RATIONALE: In utero opioid exposure is associated with lower weight and a neonatal opioid withdrawal syndrome (NOWS) at birth, along with longer-term adverse neurodevelopmental outcomes and mood disorders. While NOWS is sometimes treated with continued opioids, clinical studies have not addressed if long-term neurobehavioral outcomes are worsened with continued postnatal exposure to opioids. In addition, pre-clinical studies comparing in utero only opioid exposure to continued post-natal opioid administration for withdrawal mitigation are lacking.

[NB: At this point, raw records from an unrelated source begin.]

// Laws of the wallet.
ghost use Rattle.wallet_model.specs.Agreement.{AgreeImplies};
ghost use Rattle.wallet_model.specs.Laws.{AreStoresAlike, IsDeniedAbsent, IsReleasedOnly};

/// Each item of a response is the item, held by the copy that is shown, of a wish of a document that the opened text
/// asks for, which the holder's rules allow to the reader that is known for that document.
pub fn released_only()
    ensures { IsReleasedOnly }
{}

/// Whatever fragments come, the questions that a wallet asks and what it announces, replies and releases, and its end,
/// are those of each wallet whose store agrees with its own up to the places that were released.
pub fn two_stores()
    ensures { AreStoresAlike }
{}

/// The same where an element that no rule approves is held in one of the stores alone: what is denied can't be told from
/// what is absent. Stores that agree do so in this sense too.
pub fn denied_is_absent()
    ensures alike { IsDeniedAbsent }
    ensures weaker { AgreeImplies }
{}
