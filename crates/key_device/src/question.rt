// A question of borrowed parts.
ghost use Rattle.std.specs.Prelude.{◌≡◌};
ghost use Rattle.key_device.specs.Question.{asked};
ghost use Rattle.key_device.specs.Tape.{same_ask, same_point};

use crate::{Ask, Point};

// A question to a key device, whose parts are borrowed.
#[derive(Clone, Copy)]
pub(crate) enum Question<'a> {
    Fresh,
    Agree(u32, &'a Point),
    Sign(u32, &'a [u8]),
    Verify(&'a Point, &'a [u8], &'a [u8; 64]),
}

fn same_point(one: &Point, other: &Point) -> bool
    ensures { result ≡ same_point one.now other.now }
{
    one.x[..] == other.x[..] && one.y[..] == other.y[..]
}

// Whether that is the recorded question.
pub(crate) fn is_question(ask: &Ask, question: &Question<'_>) -> bool
    ensures { result ≡ same_ask ask.now (asked question.now) }
{
    match (ask, question) {
        (Ask::Fresh, Question::Fresh) => true,
        (Ask::Agree(key, peer), Question::Agree(asked_key, asked_peer)) => {
            *key == *asked_key && same_point(peer, asked_peer)
        }
        (Ask::Sign(key, message), Question::Sign(asked_key, asked_message)) => {
            *key == *asked_key && message.as_slice() == *asked_message
        }
        (
            Ask::Verify(public, message, signature),
            Question::Verify(asked_public, asked_message, asked_signature),
        ) => {
            same_point(public, asked_public)
                && message.as_slice() == *asked_message
                && signature[..] == asked_signature[..]
        }
        _ => false,
    }
}
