// What the types of an exchange say: that a line of a tape file can say it.
ghost use Rattle.std.specs.Prelude.{◌≡◌, ◌<◌, ◌^◌, true};
ghost use Rattle.hex.specs.Hex.{IsBytes};
ghost use Rattle.key_device.specs.Tape.{is_exchange};
ghost use Rattle.key_device.specs.HasLine.{IsSized, IsPoint, IsAsked, IsTold, HasLine};

use crate::{Ask, Exchange, Point, Told};

fn is_key(key: u32)
    ensures { key < 2 ^ 32 }
{
    let _key = key;
}

fn is_bytes(bytes: &[u8])
    ensures { IsBytes bytes.now }
{
    let _length = bytes.len();
}

fn is_sized<const N: usize>(bytes: &[u8; N])
    ensures { IsSized N bytes.now }
{
    is_bytes(bytes);
}

fn is_point(point: &Point)
    ensures { IsPoint point.now }
{
    is_sized(&point.x);
    is_sized(&point.y);
}

fn is_asked(ask: &Ask)
    ensures { IsAsked ask.now }
{
    match ask {
        Ask::Fresh => {}
        Ask::Agree(key, peer) => {
            is_key(*key);
            is_point(peer);
        }
        Ask::Sign(key, message) => {
            is_key(*key);
            is_bytes(message.as_slice());
        }
        Ask::Verify(public, message, signature) => {
            is_point(public);
            is_bytes(message.as_slice());
            is_sized(signature);
        }
    }
}

fn is_told(told: &Told)
    ensures { IsTold told.now }
{
    match told {
        Told::Made(made) => {
            is_key(made.key);
            is_point(&made.public);
        }
        Told::Secret(secret) => is_sized(secret),
        Told::Signature(signature) => is_sized(signature),
        Told::Refused | Told::Yes | Told::No | Told::Failed => {}
    }
}

/// Holds no work: the values of an exchange fit the line that says it.
pub(crate) fn has_line(exchange: &Exchange)
    requires { is_exchange exchange.now ≡ true }
    ensures { HasLine exchange.now }
{
    is_asked(&exchange.ask);
    is_told(&exchange.told);
}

OBJECTIVES: Here, we sought to understand the impact of continued postnatal opioid exposure on long term behavioral consequences. METHODS: We implemented a rodent perinatal opioid exposure model of oxycodone (Oxy) exposure that included Oxy exposure until birth (short Oxy) and continued postnatal opioid exposure (long Oxy) spanning gestation through birth and lactation. RESULTS: Short Oxy exposure was associated with a sex-specific increase in weight gain trajectory in adult male mice. Long Oxy exposure caused an increased weight gain trajectory in adult males and alterations in nociceptive processing in females. Importantly, there was no evidence of long-term social behavioral deficits, anxiety, hyperactivity, or memory deficits following short or long Oxy exposure. CONCLUSIONS: Our findings suggest that offspring with prolonged opioid exposure experienced some long-term sequelae compared to pups with opioid cessation at birth. These results highlight the potential long-term consequences of opioid administration as a mitigation strategy for clinical NOWS symptomology and suggest alternatives should be explored.